George Martin doesn't like fanfic. I read a blog post of his about it, in defense of Diana Gabaldon, who is also against it and who wrote a blog post about it that started as follows:



> OK, my position on fan-fic is pretty clear: I think it’s immoral, I know it’s illegal, and it makes me want to barf whenever I’ve inadvertently encountered some of it involving my characters.




I'm not a fan of it personally. I don't read it or write it, and I think a writer learns a lot more by working on their own original material. The arguments that fanfic writing is a net gain as opposed to original fiction when it comes to learning how to write are bogus, in my view. 

Still, I don't have a problem with people writing it if they enjoy it. But they should just say they write it because they enjoy it and leave it at that, rather than trying to convince us that it's a better way to learn to write than by writing your own original material. It's not.


----------



## Chessie (Jul 28, 2013)

What I find the most amusing is that he mentioned playing video games when he's had enough of writing for the day. Good to know one can never get too old for that. 

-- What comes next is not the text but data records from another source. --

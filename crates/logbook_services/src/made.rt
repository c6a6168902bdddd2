// Which logbooks are created.
ghost use Rattle.std.specs.Prelude.{◌≡◌, ◌<◌, ◌==◌, ◌&&◌, not, List, ℕ, length, replicate, false, true, IfOk, slice_set, slice_index_or};
ghost use Rattle.apex_model.specs.Logbooks.{LogbookSystem};
ghost use Rattle.apex_model.specs.World.{marks_without};
ghost use Rattle.logbook_store.specs.declared.book.Book.{Book};
ghost use Rattle.logbook_services.specs.Standing.{Stands, IsOfTable, IsServing, none_made, marks_forgotten, forgotten};

use apex_types::{LogbookRow, OutOfMemory, PartitionId, Table};
use std::alloc::Global;
use std::marker::Model;

/// Which logbooks of a table were created since the last restart of their partition.
#[derive(Drop)]
pub struct MadeMarks {
    content: Vec<bool>,
}

impl Model for MadeMarks {
    ghost use Rattle.std.specs.Prelude.{Bool, List};

    ghost Value = { List Bool };

    ghost view = { λ m. m.content.items };
}

/// A logbook's mark, or none where the logbook is this partition's.
fn mark_without(row: &LogbookRow, p: PartitionId, mark: bool) -> bool
    ensures { result ≡ not (row.now.partition.0 == p.0) && mark }
{
    if row.partition == p {
        return false;
    }
    mark
}

/// Takes back the marks of a partition's logbooks.
fn forget(rows: &[LogbookRow], marks: &mut [bool], p: PartitionId)
    requires { length marks.old ≡ length rows.now }
    ensures { marks.new ≡ marks_without (λ row. row.partition.0) p.0 rows.now marks.old }
{
    for (k, mark) in marks.iter_mut().enumerate() {
        *mark = mark_without(&rows[k], p, *mark);
    }
}

/// So many marks, none of which is set.
fn unset_marks(alloc: Global, count: usize) -> Result<Vec<bool>, OutOfMemory>
    ensures { IfOk result (λ marks. marks.items ≡ replicate count false) }
{
    let mut marks = Vec::new(alloc);
    for _ in 0..count {
        marks.push(false)?;
    }
    Ok(marks)
}

impl MadeMarks {
    /// None of a table's logbooks is created. It takes all memory that is needed, and `OutOfMemory` says that it isn't
    /// there; no later call takes any.
    pub fn new(alloc: Global, table: &Table) -> Result<MadeMarks, OutOfMemory>
        ensures { IfOk result (λ made. made ≡ none_made table.now) }
    {
        let content = unset_marks(alloc, table.logbooks().len())?;
        Ok(MadeMarks { content })
    }

    /// Forgets which logbooks a partition created. The marks of the others stay.
    pub fn restart(&mut self, table: &Table, p: PartitionId)
        requires { length self.old ≡ length table.now.logbooks }
        ensures marks { self.new ≡ marks_forgotten table.now p.0 self.old }
        ensures of_table { (logs : List Book) → IsOfTable table.now logs self.old → IsOfTable table.now logs self.new }
        ensures state { (logs : List Book) (image : List ℕ) (system : LogbookSystem) → Stands table.now logs self.old image system → Stands table.now logs self.new image (forgotten table.now p.0 system) }
        ensures valid { (logs : List Book) (image : List ℕ) → IsServing table.now logs self.old image → IsServing table.now logs self.new image }
    {
        self.forget_made(table, p);
    }

    fn forget_made(&mut self, table: &Table, p: PartitionId)
        requires { length self.old ≡ length table.now.logbooks }
        ensures { self.new ≡ marks_forgotten table.now p.0 self.old }
    {
        forget(table.logbooks(), &mut self.content, p);
    }

    /// Whether the logbook of a number is created.
    pub fn is_made(&self, k: usize) -> bool
        requires { k < length self.now }
        ensures { result ≡ slice_index_or self.now k false }
    {
        self.content[k]
    }

    /// Marks the logbook of a number as created.
    pub(crate) fn make(&mut self, k: usize)
        requires { k < length self.old }
        ensures { self.new ≡ slice_set self.old k true }
    {
        self.content[k] = true;
    }
}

Edit: About the fanfic, people are going to do it anyway. I don't know how I'd feel if one day I were to see some of it on my own work. Gauging the journey from writer to author being a steep one, yeah I can see myself thinking of it as stealing. But in another way, it seems harmless because it can't be published. And its not a good thing to write if you want to improve your skill. Growth happens from our own creations, our own hero's journey to being published.


----------



## Tirjasdyn (Jul 28, 2013)

On 3#.

What he describes doing is actually an outline. Huh. An outline doesn't have to be a play by play of a story. Most outlines are a "I have a broad sense of where the story is going; I know the end, I know the end of the principal characters, and I know the major turning points and events from the books, the climaxes for each book". 

Just sayin.


----------



## Jess A (Jul 29, 2013)

Interesting quotes. I think new writers who read these sorts of things need to read it critically. Nobody is going to agree or disagree 100% about someone else's point of view or journey as a writer.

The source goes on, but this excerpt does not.